Still, she predicts instability will persist for at least the next decade, although smaller refugee crises are more likely than the million-person dislocations of the 1990s. "It's the further breaking down of nation states that will lead to more conflicts and refugees and greater destabilization in the next ten years," says Ogata, a political scientist by training. "We may be entering a period where there are 200,000 [refugees] here, 200,000 there."
Since the Berlin Wall fell, the rupturing of nations from internal conflict has generated a wide range of new problems for the refugee agency.
The number of "internally displaced persons" - people forced from their homes who do not cross international borders - has increased dramatically and is now estimated at up to 25 million people in some 40 nations. That tops the number of refugees, defined by the UN as people fleeing their home country.
At the same time, refugee camps near conflict zones have become staging grounds for armed rebels and militia. Although the problem of militarized refugee camps has existed since the 1970s, it intensified in the 1990s, most strikingly with the domination of Rwandan refugee camps in eastern Zaire by armed Hutu groups in the mid-1990s.
Meanwhile, industrialized states have tightened their asylum policies, stigmatizing refugees, and leading to a rise in human trafficking, according to a new UNHCR book. Other nations, worried about the threat of insurgencies, "just close the door and say 'don't come in,' " says Ogata.

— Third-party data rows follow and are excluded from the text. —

//! The source of the stamps of events.
ghost use Rattle.std.specs.Prelude.{List, [], ◌∷◌, Option, IfOk, OnErr};
ghost use Rattle.scim_hub.specs.Streams.{Grows};
ghost use Rattle.scim_hub.specs.declared.events.Stamp.{Stamp};

use crate::events::Stamp;
use thiserror::Error;

/// The error if no stamp is available.
#[derive(Clone, Copy, Debug, PartialEq, Eq, Error)]
#[error("no stamp")]
pub struct NoStamp;

/// A source of stamps for events.
pub trait Stamps {
    /// The stamps returned so far, if known.
    ghost given: { Self → Option (List Stamp) };

    /// Returns the stamp for the next event.
    ///
    /// Fails with [`NoStamp`] if no stamp is available; then `given` is unchanged.
    fn next(&mut self) -> Result<Stamp, NoStamp>
        ensures given { IfOk result (λ stamp.
            Grows (given self.old) (given self.new) (stamp ∷ [])) }
        ensures none { OnErr result (Grows (given self.old) (given self.new) []) };
}
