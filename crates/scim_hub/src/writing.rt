//! Writes the texts of outputs.
ghost use Rattle.std.specs.Prelude.{◌≡◌, count_by, map};
ghost use Rattle.std.specs.List.{list_any, flat_map};
ghost use Rattle.scim_hub.specs.HubStates.{output_of};
ghost use Rattle.scim_hub.specs.Streams as spec;
ghost use Rattle.scim_hub.specs.Streams.{text_in};
ghost use Rattle.scim_hub.specs.code.Servings.{IsWrittenOut};

use crate::answering::CONTINUE;
use crate::events::Output;
use crate::io_faults::IoFault;
use scim_wire::write_text;
use std::io::Write;

/// Writes the text of an output, if any. Fails with `Write` if a write fails; then a prefix of the text has
/// been written.
fn write_output<W: Write>(output: &Output, writer: &mut W) -> Result<(), IoFault>
    ensures { IsWrittenOut (W.contents writer.old) (W.contents writer.new)
        (text_in (output_of output.now)) result }
{
    match output {
        Output::Write(_, text) => match write_text(text.as_str(), writer) {
            Ok(()) => Ok(()),
            Err(_) => Err(IoFault::Write),
        },
        Output::Shut(_) => Ok(()),
    }
}

/// Writes the texts of the outputs, in order.
///
/// Fails with `Write` if a write fails; then a prefix of the concatenated texts has been written.
pub(crate) fn write_outputs<W: Write>(outputs: &[Output], writer: &mut W) -> Result<(), IoFault>
    ensures { IsWrittenOut (W.contents writer.old) (W.contents writer.new)
        (flat_map text_in (map output_of outputs.now)) result }
{
    for output in outputs {
        write_output(output, writer)?;
    }
    Ok(())
}

/// Whether the output writes a reply, that is, a text other than 100 (Continue).
#[tactic(auto, unfolding(crate::specs::Answering::continue_text))]
fn is_reply(output: &Output) -> bool
    ensures { result ≡ spec.is_reply (output_of output.now) }
{
    match output {
        Output::Write(_, text) => text.as_str() != CONTINUE,
        Output::Shut(_) => false,
    }
}

/// Whether the output shuts the connection.
fn is_shutting(output: &Output) -> bool
    ensures { result ≡ spec.is_shutting (output_of output.now) }
{
    match output {
        Output::Write(_, _) => false,
        Output::Shut(_) => true,
    }
}

/// Returns the number of replies in the outputs.
pub(crate) fn reply_count(outputs: &[Output]) -> usize
    ensures { result ≡ count_by (λ o. spec.is_reply (output_of o)) outputs.now }
{
    outputs.iter().filter(|output| is_reply(output)).count()
}

/// Whether any output shuts the connection.
pub(crate) fn is_any_shutting(outputs: &[Output]) -> bool
    ensures { result ≡ list_any (λ o. spec.is_shutting (output_of o)) outputs.now }
{
    outputs.iter().any(|output| is_shutting(output))
}
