//! The calls of `scim_token`, `scim_route` and `scim_wire`.
#![tactic(auto)]

mod route_calls;
mod token_calls;
mod wire_calls;

use case_values::{Case, CaseFault};
pub use token_calls::{client_of, tokens_of};

/// Returns the result of the case's call, or `None` if it isn't a call of this crate.
pub fn answer(case: &Case<'_>, call: &str) -> Option<Result<String, CaseFault>> {
    if let Some(found) = token_calls::answer(case, call) {
        return Some(found);
    }
    if let Some(found) = route_calls::answer(case, call) {
        return Some(found);
    }
    wire_calls::answer(case, call)
}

Jetting around, Ogata has urged nations to fill what she sees as yawning gaps in refugee work.
High on her list today is convincing world governments to provide peacekeepers to disarm militarized groups and protect refugees and aid workers. "There is a limit to the US policy of letting everyone else send troops and be exposed to danger," she says crisply. "We have to be with the people, with the victims."

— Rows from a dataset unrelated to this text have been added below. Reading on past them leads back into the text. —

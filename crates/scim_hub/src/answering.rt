//! Answers the items of an event.
ghost use Rattle.std.specs.Prelude.{◌≡◌, ◌||◌, false, List, Option, ⊤};
ghost use Rattle.std.specs.Option.{option_copied};
ghost use Rattle.scim_token.specs.TokenFile.{Entry};
ghost use Rattle.scim_token.specs.Tokens.{Knows};
ghost use Rattle.scim_shelf.specs.Stores.{Store, IsStore};
ghost use Rattle.scim_shelf.specs.Shelves.{KeepsRound};
ghost use Rattle.scim_hub.specs.Answering as spec;
ghost use Rattle.scim_hub.specs.Answering.{Arrives};
ghost use Rattle.scim_exchange.specs.Replies.{answer_text};
ghost use Rattle.scim_exchange.specs.Exchanges.{Exchanged};
ghost use Rattle.scim_hub.specs.code.Replies.{IsOver, Says, IsReplyToItem, IsReplyToMessage, AreReplies};
ghost use Rattle.scim_service.specs.Setting.{service_base, service_policy, service_shelf, KeepsSetting};

use crate::events::{Output, Stamp};
use scim_audit::Refusal;
use scim_cell::{Id, id_of, uuid_of};
use scim_exchange::{Answer, Arrival, answer, answer_unserved};
use scim_route::Routes;
use scim_service::Service;
use scim_shelf::Shelf;
use scim_text::{NoMemory, push};
use scim_token::Tokens;
use scim_wire::{Item, Message, ReplyForm};
use std::alloc::Global;
use uuid::Uuid;

/// The text that tells a client to send the body (RFC 9110 section 15.2.1).
pub(crate) const CONTINUE: &str = "HTTP/1.1 100 Continue\r\n\r\n";

/// Whether the service answers requests for resources.
#[derive(Clone, Copy)]
pub(crate) enum Serving {
    /// The service answers them.
    Live,
    /// Each request that would reach the service is refused with [`Refusal::Store`].
    Lost,
}

/// The reply to an item.
#[derive(Drop)]
struct Reply {
    text: String,
    /// Whether the connection closes after the reply.
    closes: bool,
    /// Whether the message was refused because no client has its token.
    refuses_token: bool,
}

/// The replies to the items of an event.
#[derive(Drop)]
pub(crate) struct Replies {
    pub(crate) outputs: Vec<Output>,
    /// Whether the connection closes after the replies.
    pub(crate) closed: bool,
    /// The number of messages that were refused because no client has their token.
    pub(crate) refused: u64,
}

/// Returns the id with the number of `first` plus `count`, modulo 2^128.
#[tactic(auto, unfolding(crate::specs::Answering::id_after))]
fn id_after(first: Id, count: usize) -> Id
    ensures { result ≡ spec.id_after first count }
{
    let number = uuid_of(first).as_u128();
    id_of(Uuid::from_u128(number.wrapping_add(count as u128)))
}

/// Returns the client that has the message's token; `None` if the message has no token or no client has it.
fn client_of<'t>(tokens: &'t Tokens, message: &Message) -> Option<&'t str>
    ensures { (entries : List Entry) → Knows entries tokens.now
        → option_copied result ≡ spec.client_of entries message.now.token }
{
    match &message.token {
        Some(token) => tokens.client_of(token.as_slice()),
        None => None,
    }
}

/// Returns the client of a message, the time of its event, and the id for the resource that it may create.
/// `count` is the number of whole messages that precede it in the event.
fn arrival_of<'t>(tokens: &'t Tokens, stamp: &Stamp, count: usize, message: &Message) -> Arrival<'t>
    ensures { (entries : List Entry) → Knows entries tokens.now
        → Arrives entries stamp.now count message.now result }
{
    Arrival {
        client: client_of(tokens, message),
        moment: stamp.moment,
        fresh: id_after(stamp.first, count),
    }
}

/// Whether the answer is a refusal that closes the connection.
fn closes_by_itself(answer: &Answer) -> bool
    ensures { result ≡ spec.closes_by_itself answer.now }
{
    let refusal = match answer {
        Answer::Refused(refusal) => Some(*refusal),
        Answer::Page(_) => None,
        Answer::Served(reply) => reply.refusal(),
    };
    match refusal {
        Some(refusal) => refusal.closes(),
        None => false,
    }
}

/// Whether the answer refuses the message because no client has its token.
fn refuses_token(answer: &Answer) -> bool
    ensures { result ≡ spec.refuses_token answer.now }
{
    matches!(answer, Answer::Refused(Refusal::NoToken))
}

/// Returns the reply for an answer, printed in the given form. The reply closes the connection if the form
/// says so, or if the answer is a refusal that closes the connection.
fn reply_with(alloc: Global, answer: &Answer, form: ReplyForm) -> Result<Reply, NoMemory>
    ensures { Says result (answer_text answer.now form) (form.closes
        || spec.closes_by_itself answer.now) }
{
    let text = answer.text(alloc, form)?;
    let closes = form.closes || closes_by_itself(answer);
    Ok(Reply {
        text,
        closes,
        refuses_token: refuses_token(answer),
    })
}

/// Returns the reply 100 (Continue).
#[tactic(auto, unfolding(crate::specs::Answering::continue_text))]
fn continue_reply(alloc: Global) -> Result<Reply, NoMemory>
    ensures { Says result spec.continue_text false }
{
    let text = String::from_str(alloc, CONTINUE)?;
    Ok(Reply {
        text,
        closes: false,
        refuses_token: false,
    })
}

/// Answers a message, by the service or without it.
fn answer_by<S: Shelf>(
    alloc: Global,
    routes: &Routes,
    service: &mut Service<S>,
    serving: Serving,
    arrival: &Arrival<'_>,
    message: &Message,
) -> Answer
    ensures keeps { KeepsSetting service.old service.new }
    ensures exchanged { (held : Option Store) (store : Store)
        → IsOver serving S.stands held (service_shelf service.old) store
        → S.is_honest (service_shelf service.new) → IsStore (service_base service.old) store
        → (next : Store) × IsOver serving S.stands held (service_shelf service.new) next
        × IsStore (service_base service.old) next
        × Exchanged (service_policy service.old) (service_base service.old) (λ _. ⊤)
        arrival.now message.now store result next }
    ensures lost { serving ≡ Serving.Lost → service.new ≡ service.old }
    ensures round { KeepsRound S.has_round (service_shelf service.old) (service_shelf service.new) }
    ensures honest { S.is_honest (service_shelf service.new)
        → S.is_honest (service_shelf service.old) }
{
    match serving {
        Serving::Live => answer(alloc, routes, service, arrival, message),
        Serving::Lost => answer_unserved(alloc, routes, arrival, message),
    }
}

/// Answers a message. Fails with `NoMemory` if the reply's text can't be allocated; the changes that the
/// message made remain committed.
fn answer_message<S: Shelf>(
    alloc: Global,
    routes: &Routes,
    service: &mut Service<S>,
    serving: Serving,
    arrival: &Arrival<'_>,
    message: &Message,
) -> Result<Reply, NoMemory>
    ensures keeps { KeepsSetting service.old service.new }
    ensures answered { (held : Option Store) (store : Store)
        → IsOver serving S.stands held (service_shelf service.old) store
        → S.is_honest (service_shelf service.new) → IsStore (service_base service.old) store
        → (next : Store) × IsOver serving S.stands held (service_shelf service.new) next
        × IsStore (service_base service.old) next
        × IsReplyToMessage (service_policy service.old)
        (service_base service.old) arrival.now message.now store result
        next }
    ensures lost { serving ≡ Serving.Lost → service.new ≡ service.old }
    ensures round { KeepsRound S.has_round (service_shelf service.old) (service_shelf service.new) }
    ensures honest { S.is_honest (service_shelf service.new)
        → S.is_honest (service_shelf service.old) }
{
    let answer = answer_by(alloc, routes, service, serving, arrival, message);
    reply_with(alloc, &answer, ReplyForm::of(message))
}

/// Answers an item of an event, in which `count` whole messages precede the item.
///
/// Fails with `NoMemory` if the reply's text can't be allocated; the changes that the item made remain
/// committed.
fn answer_item<S: Shelf>(
    alloc: Global,
    routes: &Routes,
    service: &mut Service<S>,
    serving: Serving,
    tokens: &Tokens,
    stamp: &Stamp,
    count: usize,
    item: &Item,
) -> Result<Reply, NoMemory>
    ensures keeps { KeepsSetting service.old service.new }
    ensures answered { (entries : List Entry) (held : Option Store) (store : Store)
        → Knows entries tokens.now
        → IsOver serving S.stands held (service_shelf service.old) store
        → S.is_honest (service_shelf service.new) → IsStore (service_base service.old) store
        → (next : Store) × IsOver serving S.stands held (service_shelf service.new) next
        × IsStore (service_base service.old) next
        × IsReplyToItem (service_policy service.old)
        (service_base service.old) entries stamp.now count item.now store
        result next }
    ensures lost { serving ≡ Serving.Lost → service.new ≡ service.old }
    ensures round { KeepsRound S.has_round (service_shelf service.old) (service_shelf service.new) }
    ensures honest { S.is_honest (service_shelf service.new)
        → S.is_honest (service_shelf service.old) }
{
    match item {
        Item::Continue => continue_reply(alloc),
        Item::Whole(message) => {
            let arrival = arrival_of(tokens, stamp, count, message);
            answer_message(alloc, routes, service, serving, &arrival, message)
        }
        Item::Refused(refusal) => {
            reply_with(alloc, &Answer::Refused(*refusal), ReplyForm::whole(true))
        }
    }
}

/// Returns 1 for a whole message and 0 for any other item.
fn whole_count(item: &Item) -> usize
    ensures { result ≡ spec.whole_count item.now }
{
    match item {
        Item::Whole(_) => 1,
        _ => 0,
    }
}

/// Answers the items of an event in order, up to and including the first whose reply closes the connection.
///
/// After `NoMemory` the changes of the items that were answered remain committed, and their replies are lost.
pub(crate) fn answer_items<S: Shelf>(
    alloc: Global,
    routes: &Routes,
    service: &mut Service<S>,
    serving: Serving,
    tokens: &Tokens,
    stamp: &Stamp,
    connection: u64,
    items: &[Item],
) -> Result<Replies, NoMemory>
    ensures keeps { KeepsSetting service.old service.new }
    ensures answered { (entries : List Entry) (held : Option Store) (store : Store)
        → Knows entries tokens.now
        → IsOver serving S.stands held (service_shelf service.old) store
        → S.is_honest (service_shelf service.new) → IsStore (service_base service.old) store
        → (next : Store) × IsOver serving S.stands held (service_shelf service.new) next
        × IsStore (service_base service.old) next
        × AreReplies (service_policy service.old)
        (service_base service.old) entries stamp.now connection items.now
        store result next }
    ensures lost { serving ≡ Serving.Lost → service.new ≡ service.old }
    ensures round { KeepsRound S.has_round (service_shelf service.old) (service_shelf service.new) }
    ensures honest { S.is_honest (service_shelf service.new)
        → S.is_honest (service_shelf service.old) }
{
    let mut outputs = Vec::new(alloc);
    let mut count = 0;
    let mut refused: u64 = 0;
    for item in items {
        let reply = answer_item(alloc, routes, service, serving, tokens, stamp, count, item)?;
        let Reply {
            text,
            closes,
            refuses_token,
        } = reply;
        refused = refused.saturating_add(u64::from(refuses_token));
        push(&mut outputs, Output::Write(connection, text))?;
        if closes {
            push(&mut outputs, Output::Shut(connection))?;
            return Ok(Replies {
                outputs,
                closed: true,
                refused,
            });
        }
        count += whole_count(item);
    }
    Ok(Replies {
        outputs,
        closed: false,
        refused,
    })
}
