// Lists the sheets of the trials on standard input, each behind its name. The input is a record for each trial: the name's length (u8), the
// name, the sheet's length (u16, lowest byte first), the sheet. A record that is cut ends the run. Where a read fails, nothing is listed; a read or a
// write that fails is the error that `main` returns.
#![tactic(auto)]

ghost use Rattle.std.specs.Prelude.{◌≡◌, ◌≤◌, ◌<◌, length, take, IfOk, Some};
ghost use Rattle.std.specs.Io.KnownBytes.{Consumes, IsAtEnd};
ghost use Rattle.trials.specs.Records.{record_at};

use std::io;
use std::io::Read;

// The ends of the name and of the sheet of the record at `at`, unless it is cut.
fn record_at(input: &[u8], at: usize) -> Option<(usize, usize)>
    requires { at < length input.now }
    ensures { result ≡ record_at input.now at }
{
    let name_end = at + 1 + usize::from(input[at]);
    if input.len() < name_end + 2 {
        return None;
    }
    let sheet_end = name_end + 2 + usize::from(numbers::get16(input, name_end));
    if input.len() < sheet_end {
        return None;
    }
    Some((name_end, sheet_end))
}

// Reads until the input ends or the buffer is full, however many pieces it comes in, and answers how many bytes that were: the first that the
// input had, and all of them where the buffer is not full.
fn read_full<R: Read>(input: &mut R, buf: &mut [u8]) -> io::Result<usize>
    ensures within { IfOk result (λ n. n ≤ length buf.new) }
    ensures bytes { IfOk result (λ n. Consumes (R.remaining input.old) (R.remaining input.new) (take n buf.new)) }
    ensures end { IfOk result (λ n. n < length buf.new → IsAtEnd (R.remaining input.new)) }
{
    let mut at = 0;
    while at < buf.len() {
        let n = input.read(&mut buf[at..])?;
        if n == 0 {
            break;
        }
        at += n;
    }
    Ok(at)
}

// Prints the listing of these bytes.
fn print_listing(rt: &impl Print, sheet: &[u8]) -> io::Result<()> {
    let mut out = [0u8; 21551];
    let n = console::put_listing(sheet, &mut out);
    rt.write_all(&out[..n])
}

// Prints the name and the listing of the record at `at`.
fn print_record(
    rt: &impl Print,
    input: &[u8],
    at: usize,
    name_end: usize,
    sheet_end: usize,
) -> io::Result<()>
    requires { record_at input.now at ≡ Some (name_end, sheet_end) }
{
    let name = at + 1;
    let sheet = name_end + 2;
    rt.write_all(&input[name..name_end])?;
    rt.write_all(b"\n")?;
    print_listing(rt, &input[sheet..sheet_end])
}

// Prints each record of the input, up to one that is cut.
fn print_records(rt: &impl Print, input: &[u8]) -> io::Result<()> {
    let mut at = 0;
    while at < input.len() {
        let Some((name_end, sheet_end)) = record_at(input, at) else {
            break;
        };
        print_record(rt, input, at, name_end, sheet_end)?;
        at = sheet_end;
    }
    Ok(())
}

// The trials take about 4 KB. Of an input longer than 16 KB, the records that are whole in its first 16,384 bytes are printed.
fn main(rt: HostRuntime) -> io::Result<()> {
    let mut input = [0u8; 16384];
    let n = read_full(&mut rt.stdin(), &mut input)?;
    print_records(&rt, &input[..n])
}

Ogata's other priority is to get beyond the cycle of crises followed by compassion fatigue. She is calling on the international community and the World Bank to back long-term development projects to rebuild economies and strengthen democratic institutions in war-devastated regions.

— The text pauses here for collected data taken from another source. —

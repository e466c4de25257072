//! What follows from the definitions. These calls do nothing: their clauses are laws.
ghost use Rattle.gt_types.specs.declared.program.Program.{Program};
ghost use Rattle.gt_types.specs.Settled.{Settled};
ghost use Rattle.gt_layout.specs.declared.planes.Layouts.{Layouts};
ghost use Rattle.gt_layout.specs.Planes.{IsLaidOut};
ghost use Rattle.gt_tree.specs.BlockLeaves.{BlockIsPlaced, CommonIsOne, EdgesAreTargets};
ghost use Rattle.gt_tree.specs.LeafLaws.{ValueHasOneList, ElementsHaveOneList, RecordHasOneList, ValueIsPlaced, ElementsArePlaced, RecordIsPlaced, HasOneForm, SizesAreOne, ValueHasRoom, ElementsHaveRoom, RecordHasRoom};

/// A value that fits has exactly one list of leaves at each bit: so for a value of any type, for elements one after another,
/// and for the static record.
pub fn leaves_are_one_list()
    ensures value { (program : Program) (layouts : Layouts) → Settled program → IsLaidOut program layouts → ValueHasOneList program layouts }
    ensures elements { (program : Program) (layouts : Layouts) → Settled program → IsLaidOut program layouts → ElementsHaveOneList program layouts }
    ensures statics { (program : Program) (layouts : Layouts) → Settled program → IsLaidOut program layouts → RecordHasOneList program layouts }
{}

/// The leaves of a value that fits stand in the order of their places, no two have a bit in common, and all lie inside the
/// width of the value: so for a value of any type of a program, for elements one after another, and for the static record.
pub fn leaves_are_apart()
    ensures value { (program : Program) (layouts : Layouts) → Settled program → IsLaidOut program layouts → ValueIsPlaced program layouts }
    ensures elements { (program : Program) (layouts : Layouts) → Settled program → IsLaidOut program layouts → ElementsArePlaced program layouts }
    ensures statics { (program : Program) (layouts : Layouts) → Settled program → IsLaidOut program layouts → RecordIsPlaced program layouts }
{}

/// What a leaf of a value that fits holds has room in the leaf's bits, where addresses have 64 bits: so no bit of it is lost in
/// the bytes that stand for it.
pub fn contents_have_room()
    ensures value { (program : Program) (layouts : Layouts) → Settled program → ValueHasRoom program layouts }
    ensures elements { (program : Program) (layouts : Layouts) → Settled program → ElementsHaveRoom program layouts }
    ensures statics { (program : Program) (layouts : Layouts) → Settled program → RecordHasRoom program layouts }
{}

/// Leaves stand as exactly one list of bytes of each length, wherever blocks lie.
pub fn leaves_have_one_form()
    ensures { HasOneForm }
{}

/// Each structure of a program has exactly one size at each capacity.
pub fn sizes_are_one()
    ensures { (program : Program) (layouts : Layouts) → Settled program → IsLaidOut program layouts → SizesAreOne program layouts }
{}

/// The leaves of a block's value stand in order, no two have a bit in common, and all lie inside the bytes that it needs.
pub fn blocks_hold_their_leaves()
    ensures { (program : Program) (layouts : Layouts) → Settled program → IsLaidOut program layouts → BlockIsPlaced program layouts }
{}

/// A union has at most one common structure.
pub fn common_structures_are_one()
    ensures { (program : Program) → Settled program → CommonIsOne program }
{}

/// The edges of a value that fits are the names in its leaves, in the order of their places.
pub fn edges_are_in_leaves()
    ensures { (program : Program) (layouts : Layouts) → Settled program → EdgesAreTargets program layouts }
{}
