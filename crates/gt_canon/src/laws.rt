//! What follows from the canonical text. This call does nothing: its clause is a law.
ghost use Rattle.std.specs.Prelude.{◌≡◌};
ghost use Rattle.gt_types.specs.declared.program.Program.{Program};
ghost use Rattle.gt_types.specs.Settled.{Settled};
ghost use Rattle.gt_canon.specs.Canon.{canon_of};

/// Programs that headers can declare have the same structures, roots and caches where their canonical texts are the same. Type words are
/// not in the text.
pub fn equal_texts_mean_equal_programs()
    ensures { (p q : Program) → Settled p → Settled q → canon_of p ≡ canon_of q → (p.structures ≡ q.structures) × (p.roots ≡ q.roots) × (p.caches ≡ q.caches) }
{}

"How much more can you save lives? How much more can you really solve the problems?" she asks, her sober face surrounded by soft gray hair, modestly describing her life as "a series of accidents" although many would find a striking logic in her career.
Raised in "a rather liberal family" of Catholics in Tokyo, Ogata comes from a long line of statesmen and diplomats. Her great-grandfather was Prime Minister Tsuyoshi Inukai, whose assassination in 1932 marked the rise of unbridled Japanese militarism.
Ogata's grandfather was a delegate to the League of Nations and her father was a senior diplomat. She had a protected childhood living in diplomatic compounds in China and the United States.
In the 1950s, she won a Rotary Fellowship to study at Georgetown University, where she roomed with the future wife of Supreme Court Chief Justice William Rehnquist.
Ogata's list of achievements is impressive. Arriving on the eve of the 1991 Gulf War, she immediately bypassed the sluggish UN appeal process and created an emergency rapid response unit, with $50 million and 50 staff on standby under her direct control.
She has hired and trained UNHCR police forces in a bid to tame militarized camps and protect her own threatened staff (19 direct staff have been killed in the field since 1992).
She has upgraded the UNHCR technologically, with satellite communications, and reached out for funding to private sources ranging from Hollywood stars to Bill Gates, whose Microsoft Corp. recently funded a high-tech system for Kosovo refugees.
Ogata has her critics, with some former UNHCR employees calling her autocratic and queenly, and complaining she has spread the agency too thin - or not done enough.
Unable to please everyone, Ogata keeps her eyes fixed on her mission. Recalling a photograph of herself surrounded by refugee children in Zaire, she reflects: "I wonder how many of them are still alive."